The indicators started showing up by the last week of August but are inescapable now. Eastport’s locking up for the winter.

As evidence?

  1. The passenger ferry to Lubec has already been hauled out of the water and is up on props in the boatyard for annual maintenance.
  2. The Tides Institute Museum is closed for the season, with the Eastport Art Gallery set to do likewise at the end of the month.
  3. I trot down to Horn Run Brewing and find it closed today. Gotta check the new schedule. Not that I expected its popular deck to be open all year. And other restaurants have curbed back as well.
  4. Nobody’s out on the Breakwater.
  5. Rosie’s hot dog stand is closed and its sign thanks us for a good summer.
  6. I haven’t seen a super yacht for a month, much less tied up at the dock.
  7. Most of the out-of-state license plates are gone, along with the luxury car models. It’s mostly Maine and New Hampshire now, and soon it will be about all Maine.
  8. Well, there is a sole convertible stubbornly zipping about – but just one, with its driver bundled up.
  9. There just aren’t as many folks around, period. At least the dog walkers are holding up their end.
  10. There’s an uptick in the number of houses for sale as some Summer People realize they can’t keep up with another year.
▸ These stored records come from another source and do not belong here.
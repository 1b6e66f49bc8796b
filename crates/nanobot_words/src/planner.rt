//! The planners.
ghost use Rattle.std.specs.Prelude.{◌↔◌, IsTrue};
ghost use Rattle.nanobot_words.specs.Parsing.{side_of};
ghost use Rattle.nanobot_words.specs.Rows.{HasName, HasOnly, TakesSides};

use crate::row::Side;

/// A planner. `plan_choice` has the facts of each one's plans.
#[derive(Clone, Copy, PartialEq, Eq, Debug)]
pub enum Planner {
    /// One bot, from any model to any other.
    Layer,
    /// At most two bots, which fill and void whole runs together.
    Group,
    /// Up to forty bots: the cheapest of its own plans and of the other planners'.
    Crew,
    /// At most four bots, which take a model down.
    Void,
    /// One bot, which builds under Low all the time.
    Low,
    /// Up to twenty bots, which build under the light profile.
    Swarm,
}

/// Returns whether one of the two sides is a named file.
pub(crate) fn has_name(source: Side<'_>, target: Side<'_>) -> bool
    ensures { IsTrue result ↔ HasName (side_of source.entry) (side_of target.entry) }
{
    match (source, target) {
        (Side::Empty, Side::Empty) => false,
        (Side::Empty, Side::Named(_)) | (Side::Named(_), _) => true,
    }
}

/// Returns whether only the first of the two sides is a named file.
fn has_only(side: Side<'_>, other: Side<'_>) -> bool
    ensures { IsTrue result ↔ HasOnly (side_of side.entry) (side_of other.entry) }
{
    match (side, other) {
        (Side::Named(_), Side::Empty) => true,
        (Side::Named(_), Side::Named(_)) | (Side::Empty, _) => false,
    }
}

impl Planner {
    /// Returns whether it plans between these sides.
    pub(crate) fn takes(self, source: Side<'_>, target: Side<'_>) -> bool
        ensures { IsTrue result ↔ TakesSides self (side_of source.entry) (side_of target.entry) }
    {
        match self {
            Planner::Layer | Planner::Group | Planner::Crew => has_name(source, target),
            Planner::Void => has_only(source, target),
            Planner::Low | Planner::Swarm => has_only(target, source),
        }
    }
}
And the places are staying on the market longer.

America’s largest cities in 1850

The development of the West – meaning out to the Mississippi River, mostly – propels changes in the balance of population by 1850.

  1. New York (515,547) is without question the largest metropolis, boosted in part by commerce via the Erie Canal, transporting goods to and from the Great Lakes and Midwest.
  2. Baltimore (169,054) has leapt to second-place. The growing Baltimore & Ohio Railroad is a factor. The city takes advantage of being the closest Eastern Seaboard port to the Ohio Valley and its agricultural abundance.
  3. Boston (136,881). The textiles mills of New England have to be a factor in the city’s prosperity and position.
  4. Philadelphia (121,376). Its clout would be enhanced if its three suburbs in the Top 20 are tallied in, pushing it to second place.
  5. New Orleans (116,375). The nation’s center of gravity has shifted. Nearly as large is
  6. Cincinnati (115,435). Migrants from urban Germany make a difference.
  7. Brooklyn (96,838) is a thriving independent city just across the waters from booming Manhattan.
  8. St. Louis (77,860). Not just the gateway to the Far West, it’s also a center of urban German migrants.
  9. Spring Garden district, Pennsylvania (58,894). Adjacent to Philadelphia.
  10. Albany, New York (50,763) is active on the Erie Canal.

The next ten are also illuminating: 11, Northern Liberties district, Pennsylvania (47,223); 12, Kensington district, Pennsylvania (46,774); 13, Pittsburgh (46,601); 14, Louisville/Jefferson County, Kentucky (43,194); 15, Charleston, South Carolina (42,985); 16, Buffalo (42,261); 17, Providence, Rhode Island (41,513); 18, Washington, District of Columbia (40,001); 19, Newark, New Jersey (38,894); and Southwark district, Pennsylvania (38,799).

Altogether, six of the 20 largest cities are west of the Appalachians. Three of those are on the Ohio River. And, in contrast, New England has just two.